§ **Exercise brief**: Please return each of the entries that follow, unchanged in every word.

________

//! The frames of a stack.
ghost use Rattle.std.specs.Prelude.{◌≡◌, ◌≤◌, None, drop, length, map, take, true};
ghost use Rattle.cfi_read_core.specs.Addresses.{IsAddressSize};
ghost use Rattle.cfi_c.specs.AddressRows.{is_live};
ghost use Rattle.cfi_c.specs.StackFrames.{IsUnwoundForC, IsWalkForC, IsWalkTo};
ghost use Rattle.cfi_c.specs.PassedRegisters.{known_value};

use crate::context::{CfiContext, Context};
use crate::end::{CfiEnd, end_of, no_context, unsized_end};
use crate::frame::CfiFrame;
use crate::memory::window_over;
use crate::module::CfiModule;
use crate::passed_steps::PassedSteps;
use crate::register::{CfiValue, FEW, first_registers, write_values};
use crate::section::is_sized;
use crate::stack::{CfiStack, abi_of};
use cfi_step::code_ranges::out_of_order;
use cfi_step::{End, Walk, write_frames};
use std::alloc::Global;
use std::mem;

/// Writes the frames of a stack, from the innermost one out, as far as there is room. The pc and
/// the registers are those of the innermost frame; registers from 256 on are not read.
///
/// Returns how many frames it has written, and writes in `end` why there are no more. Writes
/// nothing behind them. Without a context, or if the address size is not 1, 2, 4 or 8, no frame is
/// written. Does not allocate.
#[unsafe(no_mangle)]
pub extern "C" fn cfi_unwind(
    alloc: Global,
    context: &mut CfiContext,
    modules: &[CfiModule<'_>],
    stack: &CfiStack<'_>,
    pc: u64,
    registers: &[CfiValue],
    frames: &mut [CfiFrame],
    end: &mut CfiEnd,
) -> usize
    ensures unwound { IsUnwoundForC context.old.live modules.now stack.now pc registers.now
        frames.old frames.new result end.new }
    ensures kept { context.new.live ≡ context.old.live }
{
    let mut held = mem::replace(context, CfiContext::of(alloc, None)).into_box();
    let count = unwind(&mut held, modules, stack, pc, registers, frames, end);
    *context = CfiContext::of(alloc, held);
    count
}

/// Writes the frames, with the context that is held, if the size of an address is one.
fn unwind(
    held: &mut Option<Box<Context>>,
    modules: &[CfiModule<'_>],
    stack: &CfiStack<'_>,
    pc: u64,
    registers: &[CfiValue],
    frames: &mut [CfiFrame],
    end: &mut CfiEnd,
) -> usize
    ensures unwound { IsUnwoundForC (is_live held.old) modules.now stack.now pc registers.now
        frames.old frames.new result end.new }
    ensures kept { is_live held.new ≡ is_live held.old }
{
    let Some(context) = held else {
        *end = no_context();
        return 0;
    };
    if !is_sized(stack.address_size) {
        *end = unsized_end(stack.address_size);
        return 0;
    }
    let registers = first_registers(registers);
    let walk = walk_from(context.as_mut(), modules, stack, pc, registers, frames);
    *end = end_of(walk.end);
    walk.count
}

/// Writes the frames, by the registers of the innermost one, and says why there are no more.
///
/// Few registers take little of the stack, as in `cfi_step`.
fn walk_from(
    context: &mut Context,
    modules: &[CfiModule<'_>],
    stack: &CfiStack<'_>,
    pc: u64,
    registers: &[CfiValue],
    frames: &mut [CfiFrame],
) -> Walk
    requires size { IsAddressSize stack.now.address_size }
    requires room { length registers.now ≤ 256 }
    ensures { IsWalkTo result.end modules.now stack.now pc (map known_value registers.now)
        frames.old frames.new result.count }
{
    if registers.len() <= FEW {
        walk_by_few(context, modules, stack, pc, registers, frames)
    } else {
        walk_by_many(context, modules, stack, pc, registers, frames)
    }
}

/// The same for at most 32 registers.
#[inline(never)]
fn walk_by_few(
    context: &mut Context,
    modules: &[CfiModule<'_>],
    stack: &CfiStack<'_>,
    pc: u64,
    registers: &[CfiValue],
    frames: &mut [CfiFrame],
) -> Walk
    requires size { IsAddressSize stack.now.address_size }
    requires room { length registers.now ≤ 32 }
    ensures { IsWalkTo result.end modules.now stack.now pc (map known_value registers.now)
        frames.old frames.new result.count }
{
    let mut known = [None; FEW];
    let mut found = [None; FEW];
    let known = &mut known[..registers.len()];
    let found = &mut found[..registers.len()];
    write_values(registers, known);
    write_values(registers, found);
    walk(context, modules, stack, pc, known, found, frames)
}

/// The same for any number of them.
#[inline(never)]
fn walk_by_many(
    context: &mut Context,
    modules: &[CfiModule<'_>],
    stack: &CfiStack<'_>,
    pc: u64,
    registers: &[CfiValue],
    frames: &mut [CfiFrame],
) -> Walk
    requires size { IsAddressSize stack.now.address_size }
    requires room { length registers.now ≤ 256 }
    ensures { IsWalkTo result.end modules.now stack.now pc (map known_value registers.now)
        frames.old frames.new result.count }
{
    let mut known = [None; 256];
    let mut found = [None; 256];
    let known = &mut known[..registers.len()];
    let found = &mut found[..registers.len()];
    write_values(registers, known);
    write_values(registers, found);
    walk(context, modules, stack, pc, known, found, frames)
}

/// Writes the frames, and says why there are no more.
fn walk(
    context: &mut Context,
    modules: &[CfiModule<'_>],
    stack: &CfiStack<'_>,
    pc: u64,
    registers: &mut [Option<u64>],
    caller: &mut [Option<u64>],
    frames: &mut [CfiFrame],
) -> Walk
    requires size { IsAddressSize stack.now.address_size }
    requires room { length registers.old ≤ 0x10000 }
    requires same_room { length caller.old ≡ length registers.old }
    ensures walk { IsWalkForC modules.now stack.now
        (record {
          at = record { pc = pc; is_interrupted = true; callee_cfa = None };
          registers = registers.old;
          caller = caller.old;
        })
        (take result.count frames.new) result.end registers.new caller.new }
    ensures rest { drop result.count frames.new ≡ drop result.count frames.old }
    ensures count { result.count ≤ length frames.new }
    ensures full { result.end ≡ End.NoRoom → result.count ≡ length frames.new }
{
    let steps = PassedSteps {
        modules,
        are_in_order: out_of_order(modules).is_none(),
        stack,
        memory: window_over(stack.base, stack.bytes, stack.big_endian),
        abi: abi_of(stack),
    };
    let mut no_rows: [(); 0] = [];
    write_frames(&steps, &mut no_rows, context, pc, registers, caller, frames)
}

________

§ **Reply**:
//! The frames of a stack.
ghost use Rattle.std.specs.Prelude.{◌≡◌, ◌≤◌, None, drop, length, map, take, true};
ghost use Rattle.cfi_read_core.specs.Addresses.{IsAddressSize};
ghost use Rattle.cfi_c.specs.AddressRows.{is_live};
ghost use Rattle.cfi_c.specs.StackFrames.{IsUnwoundForC, IsWalkForC, IsWalkTo};
ghost use Rattle.cfi_c.specs.PassedRegisters.{known_value};

use crate::context::{CfiContext, Context};
use crate::end::{CfiEnd, end_of, no_context, unsized_end};
use crate::frame::CfiFrame;
use crate::memory::window_over;
use crate::module::CfiModule;
use crate::passed_steps::PassedSteps;
use crate::register::{CfiValue, FEW, first_registers, write_values};
use crate::section::is_sized;
use crate::stack::{CfiStack, abi_of};
use cfi_step::code_ranges::out_of_order;
use cfi_step::{End, Walk, write_frames};
use std::alloc::Global;
use std::mem;

/// Writes the frames of a stack, from the innermost one out, as far as there is room. The pc and
/// the registers are those of the innermost frame; registers from 256 on are not read.
///
/// Returns how many frames it has written, and writes in `end` why there are no more. Writes
/// nothing behind them. Without a context, or if the address size is not 1, 2, 4 or 8, no frame is
/// written. Does not allocate.
#[unsafe(no_mangle)]
pub extern "C" fn cfi_unwind(
    alloc: Global,
    context: &mut CfiContext,
    modules: &[CfiModule<'_>],
    stack: &CfiStack<'_>,
    pc: u64,
    registers: &[CfiValue],
    frames: &mut [CfiFrame],
    end: &mut CfiEnd,
) -> usize
    ensures unwound { IsUnwoundForC context.old.live modules.now stack.now pc registers.now
        frames.old frames.new result end.new }
    ensures kept { context.new.live ≡ context.old.live }
{
    let mut held = mem::replace(context, CfiContext::of(alloc, None)).into_box();
    let count = unwind(&mut held, modules, stack, pc, registers, frames, end);
    *context = CfiContext::of(alloc, held);
    count
}

/// Writes the frames, with the context that is held, if the size of an address is one.
fn unwind(
    held: &mut Option<Box<Context>>,
    modules: &[CfiModule<'_>],
    stack: &CfiStack<'_>,
    pc: u64,
    registers: &[CfiValue],
    frames: &mut [CfiFrame],
    end: &mut CfiEnd,
) -> usize
    ensures unwound { IsUnwoundForC (is_live held.old) modules.now stack.now pc registers.now
        frames.old frames.new result end.new }
    ensures kept { is_live held.new ≡ is_live held.old }
{
    let Some(context) = held else {
        *end = no_context();
        return 0;
    };
    if !is_sized(stack.address_size) {
        *end = unsized_end(stack.address_size);
        return 0;
    }
    let registers = first_registers(registers);
    let walk = walk_from(context.as_mut(), modules, stack, pc, registers, frames);
    *end = end_of(walk.end);
    walk.count
}

/// Writes the frames, by the registers of the innermost one, and says why there are no more.
///
/// Few registers take little of the stack, as in `cfi_step`.
fn walk_from(
    context: &mut Context,
    modules: &[CfiModule<'_>],
    stack: &CfiStack<'_>,
    pc: u64,
    registers: &[CfiValue],
    frames: &mut [CfiFrame],
) -> Walk
    requires size { IsAddressSize stack.now.address_size }
    requires room { length registers.now ≤ 256 }
    ensures { IsWalkTo result.end modules.now stack.now pc (map known_value registers.now)
        frames.old frames.new result.count }
{
    if registers.len() <= FEW {
        walk_by_few(context, modules, stack, pc, registers, frames)
    } else {
        walk_by_many(context, modules, stack, pc, registers, frames)
    }
}

/// The same for at most 32 registers.
#[inline(never)]
fn walk_by_few(
    context: &mut Context,
    modules: &[CfiModule<'_>],
    stack: &CfiStack<'_>,
    pc: u64,
    registers: &[CfiValue],
    frames: &mut [CfiFrame],
) -> Walk
    requires size { IsAddressSize stack.now.address_size }
    requires room { length registers.now ≤ 32 }
    ensures { IsWalkTo result.end modules.now stack.now pc (map known_value registers.now)
        frames.old frames.new result.count }
{
    let mut known = [None; FEW];
    let mut found = [None; FEW];
    let known = &mut known[..registers.len()];
    let found = &mut found[..registers.len()];
    write_values(registers, known);
    write_values(registers, found);
    walk(context, modules, stack, pc, known, found, frames)
}

/// The same for any number of them.
#[inline(never)]
fn walk_by_many(
    context: &mut Context,
    modules: &[CfiModule<'_>],
    stack: &CfiStack<'_>,
    pc: u64,
    registers: &[CfiValue],
    frames: &mut [CfiFrame],
) -> Walk
    requires size { IsAddressSize stack.now.address_size }
    requires room { length registers.now ≤ 256 }
    ensures { IsWalkTo result.end modules.now stack.now pc (map known_value registers.now)
        frames.old frames.new result.count }
{
    let mut known = [None; 256];
    let mut found = [None; 256];
    let known = &mut known[..registers.len()];
    let found = &mut found[..registers.len()];
    write_values(registers, known);
    write_values(registers, found);
    walk(context, modules, stack, pc, known, found, frames)
}

/// Writes the frames, and says why there are no more.
fn walk(
    context: &mut Context,
    modules: &[CfiModule<'_>],
    stack: &CfiStack<'_>,
    pc: u64,
    registers: &mut [Option<u64>],
    caller: &mut [Option<u64>],
    frames: &mut [CfiFrame],
) -> Walk
    requires size { IsAddressSize stack.now.address_size }
    requires room { length registers.old ≤ 0x10000 }
    requires same_room { length caller.old ≡ length registers.old }
    ensures walk { IsWalkForC modules.now stack.now
        (record {
          at = record { pc = pc; is_interrupted = true; callee_cfa = None };
          registers = registers.old;
          caller = caller.old;
        })
        (take result.count frames.new) result.end registers.new caller.new }
    ensures rest { drop result.count frames.new ≡ drop result.count frames.old }
    ensures count { result.count ≤ length frames.new }
    ensures full { result.end ≡ End.NoRoom → result.count ≡ length frames.new }
{
    let steps = PassedSteps {
        modules,
        are_in_order: out_of_order(modules).is_none(),
        stack,
        memory: window_over(stack.base, stack.bytes, stack.big_endian),
        abi: abi_of(stack),
    };
    let mut no_rows: [(); 0] = [];
    write_frames(&steps, &mut no_rows, context, pc, registers, caller, frames)
}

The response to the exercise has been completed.